In the words of Russell Peters "Somebody's gonna get hurt..." :surprise:


----------



## mgmine (Jan 16, 2012)

Everything you have done so far is right and you can simply screw things together and call it a day. Since you are using 2x material you could use lag bolts but it sounds like the ones you have are strong enough. you could nail a cleat under each tread and you'll be extra safe with the screws but it isn't really necessary. Glue or any other adhesive would be a waste of time. It would hold the ladder side together but would do nothing for the downward pressure that will be put on it. A simpler method would have been to nail 2x4 rungs to a set of 2x4 rails. As Joat suggested a step ladder might be the way to go.
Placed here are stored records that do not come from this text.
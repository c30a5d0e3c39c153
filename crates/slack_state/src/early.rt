// How a part of a kernel ends before its end.

use rtio_types::Exc;
use slack_meaning::{Span, Stopped};
use std::alloc::{AllocError, AllocFailed};

/// Why a part of a kernel ends early.
#[derive(Clone, Copy, Debug, PartialEq, Eq)]
pub enum Reason {
    /// A `break` of the loop around it.
    Break,
    /// A `continue` of the loop around it.
    Continue,
    /// A `return` with this value, 0 where it has none.
    Return(Span),
    /// An exception.
    Raised(Exc),
    /// A unit was wanted and none was left.
    Budget,
    /// The verdict stands.
    Decided(Stopped),
}

/// How the run of a part that takes memory ends before its end.
#[derive(Clone, Copy, Debug, PartialEq, Eq)]
pub enum Early {
    /// The part ends so.
    Ended(Reason),
    /// Want of memory.
    Memory,
}

impl From<Reason> for Early {
    ghost use Rattle.std.specs.Prelude.{◌≡◌};
    ghost use Rattle.slack_state.specs.declared.early.Early.TheVariants.{Ended};

    ghost from_gives = { λ reason end. end ≡ Ended reason };

    fn from(reason: Reason) -> Early {
        Early::Ended(reason)
    }
}

impl From<AllocError> for Early {
    ghost use Rattle.std.specs.Prelude.{◌≡◌};
    ghost use Rattle.slack_state.specs.declared.early.Early.TheVariants.{Memory};

    ghost from_gives = { λ _ end. end ≡ Memory };

    fn from(_: AllocError) -> Early {
        Early::Memory
    }
}

impl<T: Drop> From<AllocFailed<T>> for Early {
    ghost use Rattle.std.specs.Prelude.{◌≡◌};
    ghost use Rattle.slack_state.specs.declared.early.Early.TheVariants.{Memory};

    ghost from_gives = { λ _ end. end ≡ Memory };

    fn from(_: AllocFailed<T>) -> Early {
        Early::Memory
    }
}
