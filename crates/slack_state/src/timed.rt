// What moves the cursor, and what is asked at it.

use crate::early::{Early, Reason};
use crate::spans::{greatest, is_near_or_number};
use crate::state::State;
use meaning_numbers::low_byte;
use slack_meaning::{OpenKind, Span};

impl State {
    ghost use Rattle.std.specs.Prelude.{◌≡◌};
    ghost use Rattle.slack_meaning.specs.Actions.{within_reach};
    ghost use Rattle.slack_meaning.specs.Timeline.{ask_edge, ask_unknown, gate, move_to_real_time, play_handle, pulse_for, reset_core, wait_until, write_raw};
    ghost use Rattle.slack_state.specs.Does.{Does, DoesAlways};

    /// A span that may not reach too far; a number may.
    pub fn within_reach(&self, span: Span) -> Result<Span, Reason>
        ensures { DoesAlways result self.now (within_reach span self.now) }
    {
        if is_near_or_number(span) {
            return Ok(span);
        }
        Err(self.unknown(OpenKind::Far))
    }

    /// A pulse of a length in mu.
    pub fn pulse(&mut self, channel: u8, time: Span) -> Result<(), Early>
        ensures { Does result self.new (pulse_for channel time self.old) }
    {
        self.output(channel, 0, 1)?;
        self.delay(time)?;
        self.output(channel, 0, 0)
    }

    /// An input's sensitivity for a time in mu. It gives the cursor at the end.
    pub fn gate(&mut self, channel: u8, sensitivity: i64, time: Span) -> Result<Span, Early>
        ensures { Does result self.new (gate channel sensitivity time self.old) }
    {
        self.output(channel, 2, sensitivity)?;
        self.delay(time)?;
        self.output(channel, 2, 0)?;
        Ok(self.cursor())
    }

    /// A raw output, whose address and data are numbers.
    pub fn write_raw(&mut self, channel: u8, address: Span, word: Span) -> Result<(), Early>
        ensures { Does result self.new (write_raw channel address word self.old) }
    {
        let number = self.number(address)?;
        let data = self.number(word)?;
        self.output(channel, low_byte(number), data)
    }

    /// Moves the cursor to the lead over a reading, where it is behind.
    pub fn move_to_real_time(&mut self) -> Result<(), Reason>
        ensures { DoesAlways result self.new (move_to_real_time self.old) }
    {
        self.take_unit()?;
        let lead = self.read_lead()?;
        let end = self.within_reach(greatest(self.cursor(), lead))?;
        self.set_cursor(end);
        Ok(())
    }

    /// Resets the core and sets the cursor to the lead over its reading.
    pub fn reset_core(&mut self) -> Result<(), Reason>
        ensures { DoesAlways result self.new (reset_core self.old) }
    {
        self.take_unit()?;
        let lead = self.read_lead()?;
        self.set_cursor(lead);
        Ok(())
    }

    /// Waits until a moment in mu.
    pub fn wait_until(&mut self, moment: Span) -> Result<(), Reason>
        ensures { DoesAlways result self.new (wait_until moment self.old) }
    {
        let number = self.number(moment)?;
        self.take_unit()?;
        self.await_moment(number);
        Ok(())
    }

    /// A request that can't be answered without a core: a unit is taken, and the run stops.
    pub fn ask_unknown(&mut self, why: OpenKind) -> Result<Span, Reason>
        ensures { DoesAlways result self.new (ask_unknown why self.old) }
    {
        self.take_unit()?;
        Err(self.unknown(why))
    }

    /// A request for edges below a stamp in mu, which can't be answered without a core.
    pub fn ask_edge(&mut self, up_to: Span) -> Result<Span, Reason>
        ensures { DoesAlways result self.new (ask_edge up_to self.old) }
    {
        self.number(up_to)?;
        self.ask_unknown(OpenKind::Edge)
    }

    /// A playback by a handle, which can't be answered without a core.
    pub fn play_handle(&mut self, handle: Span) -> Result<(), Reason>
        ensures { DoesAlways result self.new (play_handle handle self.old) }
    {
        self.number(handle)?;
        self.take_unit()?;
        Err(self.unknown(OpenKind::Kept))
    }
}
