// Names, byte by byte: they are short, and the comparison of slices goes by groups of bytes, which takes longer.

ghost use Rattle.std.specs.Prelude.{◌≡◌, ◌<◌, bytes_eq, length, nat_eq, slice_index};

/// Whether two names are the same.
#[inline(always)]
pub fn is_same(a: &[u8], b: &[u8]) -> bool
    ensures { result ≡ bytes_eq a.now b.now }
{
    if !are_as_long(a, b) {
        return false;
    }
    for i in 0..a.len() {
        if !is_same_at(a, b, i) {
            return false;
        }
    }
    true
}

// Whether one has as many bytes as the other.
fn are_as_long(a: &[u8], b: &[u8]) -> bool
    ensures { result ≡ nat_eq (length a.now) (length b.now) }
{
    a.len() == b.len()
}

// Whether they have the same byte at a place.
fn is_same_at(a: &[u8], b: &[u8], i: usize) -> bool
    requires first { i < length a.now }
    requires second { i < length b.now }
    ensures { result ≡ nat_eq (slice_index a.now i) (slice_index b.now i) }
{
    a[i] == b[i]
}
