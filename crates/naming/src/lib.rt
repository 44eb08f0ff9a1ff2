//! Operations by what people write for them.
#![tactic(auto)]

ghost use Rattle.naming.specs.Naming.{Named, NamedAt, NamedBy};
ghost use Rattle.std.specs.Prelude.{IfOk};

use codes::bytes::Coded;
use operations::operation::Operation;
use std::alloc::{AllocError, Global};

fn named_at(
    heap: Global,
    number: u8,
    argument: u8,
    text: &str,
) -> Result<Option<Operation>, AllocError>
    ensures { IfOk result (NamedAt number argument text.now) }
{
    let Some(operation) = Operation::decode(&[number, argument]) else {
        return Ok(None);
    };
    let written = operation.to_string(heap)?;
    Ok((written.as_str() == text).then_some(operation))
}

// A loop, since `find_map` could not pass on that memory ran out.
fn named_by(heap: Global, number: u8, text: &str) -> Result<Option<Operation>, AllocError>
    ensures { IfOk result (NamedBy number text.now) }
{
    for argument in 0..=u8::MAX {
        if let Some(operation) = named_at(heap, number, argument, text)? {
            return Ok(Some(operation));
        }
    }
    Ok(None)
}

// The operation that is written so: found by writing every lawful one, of which there are under a thousand.
pub fn operation_named(heap: Global, text: &str) -> Result<Option<Operation>, AllocError>
    ensures { IfOk result (Named text.now) }
{
    for number in 0..51 {
        if let Some(operation) = named_by(heap, number, text)? {
            return Ok(Some(operation));
        }
    }
    Ok(None)
}
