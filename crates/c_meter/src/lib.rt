// The meter for C and Rust, each answer one 64-bit number: number + 2^8 x case + 2^16 x lowest + 2^32 x highest.
#![tactic(auto)]

ghost use Rattle.std.specs.Prelude.{◌≡◌};
ghost use Rattle.chip_mixer.specs.Fraction.{fraction_of};
ghost use Rattle.meter.specs.Measure.{measure_of};
ghost use Rattle.c_meter.specs.Packed.{meter_packed, records_packed};

use meter::Measured;

// An answer in one number.
fn pack(m: Measured) -> u64
    ensures { result ≡ meter_packed m }
{
    match m {
        Measured::Refused(number) => u64::from(number),
        Measured::NoLevels => 0,
        Measured::Silent => 256,
        Measured::Steady(level) => 512 + 65536 * u64::from(level) + 4294967296 * u64::from(level),
        Measured::Moving(low, high) => 768 + 65536 * u64::from(low) + 4294967296 * u64::from(high),
    }
}

// What a list of levels is. Refused: 29.
pub fn meter(levels: &[u32]) -> u64
    ensures { result ≡ meter_packed (measure_of levels.now) }
{
    pack(meter::measure(levels))
}

// What the levels of `count` records from record `start` on are, of those that are there, with the level before them; one of more than 32 bits counts nothing.
// Refused: 29.
pub fn meter_records(words: &[u32], start: u64, count: u64, before: u64) -> u64
    ensures { result ≡ records_packed words.now start count before }
{
    let before = u32::try_from(before).ok();
    pack(meter::records::measure(before, words, start as usize, count as usize))
}

// A level as the exact fraction of 32,768, also one above 32,767.
pub fn level_fraction(level: u16) -> f32
    ensures { result ≡ fraction_of level }
{
    chip_mixer::fraction(level)
}
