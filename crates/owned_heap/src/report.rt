//! The report of a heap.
ghost use Rattle.std.specs.Prelude.{◌≡◌, ◌++◌, [], IfOk, OnOk, string_bytes};
ghost use Rattle.std.specs.List.{concat};
ghost use Rattle.fact_text.specs.FactText.{and_lines, fact_line};
ghost use Rattle.owned_heap.specs.Reports.{report_in};

use crate::heap::OwnedHeap;
use fact_text::fact_line;
use layer_core::{Fact, Layer};
use space_core::NoMemory;
use std::alloc::{AllocError, Global};

impl<L: Layer> OwnedHeap<L> {
    /// The report: a line for each node that has something to tell, in preorder from the root as node 0.
    ///
    /// # Errors
    /// `NoMemory` where the process has no memory for the text.
    pub fn report(&self, alloc: Global) -> Result<String, NoMemory>
        ensures { IfOk result (λ text. string_bytes text ≡ report_in L.model self.now) }
    {
        let mut text = String::new(alloc);
        for node in 0..self.nodes() {
            push_node(&mut text, node, self.fact(node))?;
        }
        Ok(text)
    }
}

// Puts the line of a node, where it has one.
fn push_node(text: &mut String, node: u32, fact: Fact) -> Result<(), AllocError>
    ensures { OnOk result (string_bytes text.new ≡ string_bytes text.old ++ concat (and_lines (fact_line node fact) [])) }
{
    match fact_line(node, fact) {
        Some(line) => text.push_str(line.as_str()),
        None => Ok(()),
    }
}
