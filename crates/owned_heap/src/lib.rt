//! A heap that owns its memory and its layers: blocks of bytes, and no proof for its callers.
#![tactic(auto)]

mod block;
mod heap;
mod layers;
mod report;
mod rows;
mod table;

pub use affix_layer::Affix;
pub use block::{Event, OwnedBlock};
pub use free_list::FreeList;
pub use heap::OwnedHeap;
pub use layer_core::{Block, Fact, Layer, Mem, NullLayer, Offers, Refused};
pub use layers::{Ground, Layers};
pub use quantizer::Quantizer;
pub use quota::Quota;
pub use region_block::Region;
pub use rows::{BlockVec, PushError};
pub use size_round::{Multiple, PowerOfTwo};
pub use space_core::NoMemory;
pub use stats_collector::StatsCollector;
pub use table::BlockTable;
How often do you have to get up to a crawl space? When you do you either have to get a ladder to get up to the crawl space to get the ladder you built (which is going to be cumbersome trying to get it out through the opening) or you have to get the ladder you built ( which is going to be heavy) and bring it to the opening. In either case, you have to get a ladder so why not a step ladder unless, of course, this is a permanent set of stairs.


----------



## Stick486 (Jan 4, 2013)

DaninVan said:


> In the words of Russell Peters "Somebody's gonna get hurt..." :surprise:


or dead...


----------



## bryansong (Mar 4, 2015)

It’s nice to see this thread as I have been working on a loft ladder for my son’s garage. I cut dados for the steps.


----------



## jb9 (Nov 5, 2017)

Nice work bryansong. Here is some of my progress... I cut about a 5/16" housing into my stringers. I definitely agree with the folks who said my ladder is going to be heavy. It will most likely stay in my crawlspace. For folks who misunderstood, my apologies. A crawlspace is typically underneath the first floor and not an attic space. I think the heft and robustness of the assembly will help ensure it doesn't fall apart.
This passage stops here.